Crypt theme - woo hoo!


----------



## BillyVanpire (Apr 22, 2015)

nice, is that hot glue used for wax drippings?


----------



## jdubbya (Nov 6, 2005)

BillyVanpire said:


> nice, is that hot glue used for wax drippings?


Yup! Works great!
a link to the "build" thread

http://www.hauntforum.com/showthread.php?t=42500


----------



## The Pod (Sep 15, 2009)

They look nice.


----------



## lewlew (Mar 15, 2006)

Yessir! Those will set the mood juuuuust fine!


----------



## jdubbya (Nov 6, 2005)

The Pod said:


> They look nice.


Thanks!



lewlew said:


> Yessir! Those will set the mood juuuuust fine!

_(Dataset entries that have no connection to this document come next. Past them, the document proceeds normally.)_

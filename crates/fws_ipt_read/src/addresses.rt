//! Addresses as `--src-range`, `--dst-range`, `--src-type` and `--dst-type` have them.

ghost use Rattle.std.specs.Prelude.{◌≡◌};
ghost use Rattle.std.specs.List.{list_all};
ghost use Rattle.fws_net.specs.Ports.{address_range};
ghost use Rattle.fws_ipt.specs.Values.{range_meaning, is_address_type, type_meaning};
ghost use Rattle.fws_ipt_read.specs.Sets.{SetGiven};

use fws_iv::{Ivs, one};
use fws_net::{Cause, ReadFault, Site, local_set, read_address_range};
use fws_num::{Text, pieces};
use fws_rules::{demand, is, is_one_of};
use std::alloc::Global;

/// The addresses of a range with a dash.
pub(crate) fn read_range_set(alloc: Global, text: &[u8]) -> Result<Ivs, ReadFault>
    ensures { SetGiven result (λ test. range_meaning test (address_range text.now)) }
{
    let (lo, hi) = demand(read_address_range(text))?;
    Ok(one(alloc, lo, hi)?)
}

/// Types of addresses.
const ADDRESS_TYPES: [&[u8]; 12] = [
    b"UNSPEC",
    b"UNICAST",
    b"LOCAL",
    b"BROADCAST",
    b"ANYCAST",
    b"MULTICAST",
    b"BLACKHOLE",
    b"UNREACHABLE",
    b"PROHIBIT",
    b"THROW",
    b"NAT",
    b"XRESOLVE",
];

/// Whether it is a type of addresses.
#[tactic(auto, unfolding(fws_ipt::specs::Values::is_address_type))]
fn is_address_type(text: &[u8]) -> bool
    ensures { result ≡ is_address_type text.now }
{
    is_one_of(&ADDRESS_TYPES, text)
}

fn are_address_types(items: &[Text]) -> bool
    ensures { result ≡ list_all is_address_type items.now }
{
    items.iter().all(|item| is_address_type(item.as_slice()))
}

/// The addresses of the type LOCAL: those of the host. Other types, and several, are left out.
pub(crate) fn read_type_set(alloc: Global, site: &Site, text: &[u8]) -> Result<Ivs, ReadFault>
    ensures { SetGiven result (λ test. type_meaning site.now test text.now) }
{
    if is(text, b"LOCAL") {
        return Ok(local_set(alloc, site)?);
    }
    let items = pieces(alloc, b',', text)?;
    if are_address_types(items.as_slice()) {
        Err(ReadFault::Bad(Cause::LeftOut))
    } else {
        Err(ReadFault::Bad(Cause::Syntax))
    }
}
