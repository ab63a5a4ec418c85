//! TCP flags as `--tcp-flags` has them.

ghost use Rattle.std.specs.Prelude.{◌≡◌, IfOk};
ghost use Rattle.fws_ipt.specs.Values.{flag_of, flag_set, with_flags, flags_of, syn_literal};

use fws_net::{Lit, Test};
use fws_num::{Memory, Text, pieces, value_named};
use fws_rules::positive;
use std::alloc::Global;

/// FIN, SYN, RST and ACK.
const OPENING: u8 = 23;

const SYN: u8 = 2;

/// TCP flags and their bits.
const TCP_FLAGS: [(&[u8], u8); 6] = [
    (b"FIN", 1),
    (b"SYN", 2),
    (b"RST", 4),
    (b"PSH", 8),
    (b"ACK", 16),
    (b"URG", 32),
];

/// Words that stand alone for several flags.
const FLAG_SETS: [(&[u8], u8); 2] = [(b"ALL", 63), (b"NONE", 0)];

/// The bit of a flag.
#[tactic(auto, unfolding(fws_ipt::specs::Values::flag_of))]
fn flag_of(text: &[u8]) -> Option<u8>
    ensures { result ≡ flag_of text.now }
{
    value_named(&TCP_FLAGS, text)
}

/// The bits of a word that stands alone for several flags.
#[tactic(auto, unfolding(fws_ipt::specs::Values::flag_set))]
fn flag_set(text: &[u8]) -> Option<u8>
    ensures { result ≡ flag_set text.now }
{
    value_named(&FLAG_SETS, text)
}

/// The bits of the flags, if each item is one.
fn flags_of_items(items: &[Text]) -> Option<u8>
    ensures { result ≡ with_flags 0 items.now }
{
    let mut flags = 0;
    for item in items {
        flags |= flag_of(item.as_slice())?;
    }
    Some(flags)
}

/// The bits of flags that commas join, or of ALL or NONE alone. Fails if memory runs out.
pub(crate) fn read_flags(alloc: Global, text: &[u8]) -> Result<Option<u8>, Memory>
    ensures { IfOk result (λ o. o ≡ flags_of text.now) }
{
    if let Some(flags) = flag_set(text) {
        return Ok(Some(flags));
    }
    let items = pieces(alloc, b',', text)?;
    Ok(flags_of_items(items.as_slice()))
}

/// The literal of `--syn`, which stands for `--tcp-flags FIN,SYN,RST,ACK SYN`.
pub(crate) fn syn_literal() -> Lit
    ensures { result ≡ syn_literal }
{
    positive(Test::Flags {
        mask: OPENING,
        want: SYN,
    })
}
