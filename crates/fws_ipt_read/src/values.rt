//! The values of a rule's options (iptables(8), iptables-extensions(8)).

ghost use Rattle.std.specs.Prelude.{◌≡◌};
ghost use Rattle.fws_net.specs.Reading.{CauseGiven};
ghost use Rattle.fws_net.specs.Routes.{IsSound};
ghost use Rattle.fws_ipt.specs.Values.{mark_meaning, meaning_of};
ghost use Rattle.fws_ipt_read.specs.Sets.{SetGiven, set_meaning_of, set_test};

use crate::addresses::{read_range_set, read_type_set};
use crate::icmp_types::read_icmp_type;
use crate::marks::read_mark;
use crate::ports::{read_port_list, read_port_set};
use crate::states::read_states;
use fws_ipt::TestOption;
use fws_iv::Ivs;
use fws_net::{Cause, Lang, Lit, ReadFault, Site, Test};
use fws_rules::{positive, read_interfaces};
use std::alloc::Global;

/// The set of an option that has one.
fn read_set(alloc: Global, site: &Site, option: TestOption, text: &[u8]) -> Result<Ivs, ReadFault>
    requires { IsSound site.now }
    ensures { SetGiven result (set_meaning_of site.now option text.now) }
{
    match option {
        TestOption::InInterface | TestOption::OutInterface => {
            read_interfaces(alloc, site, Lang::Iptables, b'+', text)
        }
        TestOption::SourcePort | TestOption::DestinationPort => read_port_set(alloc, text),
        TestOption::SourcePorts | TestOption::DestinationPorts => read_port_list(alloc, text),
        TestOption::SourceRange | TestOption::DestinationRange => read_range_set(alloc, text),
        TestOption::SourceType | TestOption::DestinationType => read_type_set(alloc, site, text),
        _ => Err(ReadFault::Bad(Cause::Syntax)),
    }
}

/// The test of an option's set; an option that has none tests nothing.
fn set_test(option: TestOption, set: Ivs) -> Test
    ensures { result ≡ set_test option set }
{
    match option {
        TestOption::InInterface => Test::Recv(set),
        TestOption::OutInterface => Test::Xmit(set),
        TestOption::SourcePort | TestOption::SourcePorts => Test::Sport(set),
        TestOption::DestinationPort | TestOption::DestinationPorts => Test::Dport(set),
        TestOption::SourceRange | TestOption::SourceType => Test::Src(set),
        TestOption::DestinationRange | TestOption::DestinationType => Test::Dst(set),
        _ => Test::Never,
    }
}

/// The literal of an option with a set.
fn set_meaning(
    alloc: Global,
    site: &Site,
    option: TestOption,
    text: &[u8],
) -> Result<Option<Lit>, ReadFault>
    requires { IsSound site.now }
    ensures { CauseGiven result (set_meaning_of site.now option text.now (set_test option)) }
{
    let set = read_set(alloc, site, option, text)?;
    Ok(Some(positive(set_test(option, set))))
}

/// The literal of a mark.
fn mark_meaning(text: &[u8]) -> Result<Option<Lit>, ReadFault>
    ensures { CauseGiven result (mark_meaning text.now) }
{
    let mark = read_mark(text)?;
    Ok(Some(positive(Test::Tag(mark))))
}

/// The literal of an option with one value; none where it holds of every packet. `-s`, `-d`, `-p`,
/// `--tcp-flags` and `--syn` have steps of their own.
pub(crate) fn read_meaning(
    alloc: Global,
    site: &Site,
    option: TestOption,
    text: &[u8],
) -> Result<Option<Lit>, ReadFault>
    requires { IsSound site.now }
    ensures { CauseGiven result (meaning_of site.now option text.now) }
{
    match option {
        TestOption::Source
        | TestOption::Destination
        | TestOption::Protocol
        | TestOption::TcpFlags
        | TestOption::Syn => Err(ReadFault::Bad(Cause::Syntax)),
        TestOption::IcmpType => read_icmp_type(alloc, text),
        TestOption::State | TestOption::ConnectionState => read_states(alloc, text),
        TestOption::Mark => mark_meaning(text),
        _ => set_meaning(alloc, site, option, text),
    }
}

Oh Yeah!. I'll be making a bunch more. We'll stick them all over!:jol:


----------



## jdubbya (Nov 6, 2005)




----------



## RoxyBlue (Oct 6, 2008)

Very nice! They look so warm and cheerful:jol:


----------



## Headless (Sep 4, 2011)

They look awesome jdubbya - and reminds me that when I make more to cut them on an angle - they look way better!


----------



## jdubbya (Nov 6, 2005)

RoxyBlue said:


> Very nice! They look so warm and cheerful:jol:


Not exactly the look we were shooting for!











Headless said:


> They look awesome jdubbya - and reminds me that when I make more to cut them on an angle - they look way better!


Thanks! I have to make several more clusters too.:jol:


----------



## RoxyBlue (Oct 6, 2008)

They look great with the skull.


----------



## Lambo (Aug 14, 2013)

Great looking candles!


----------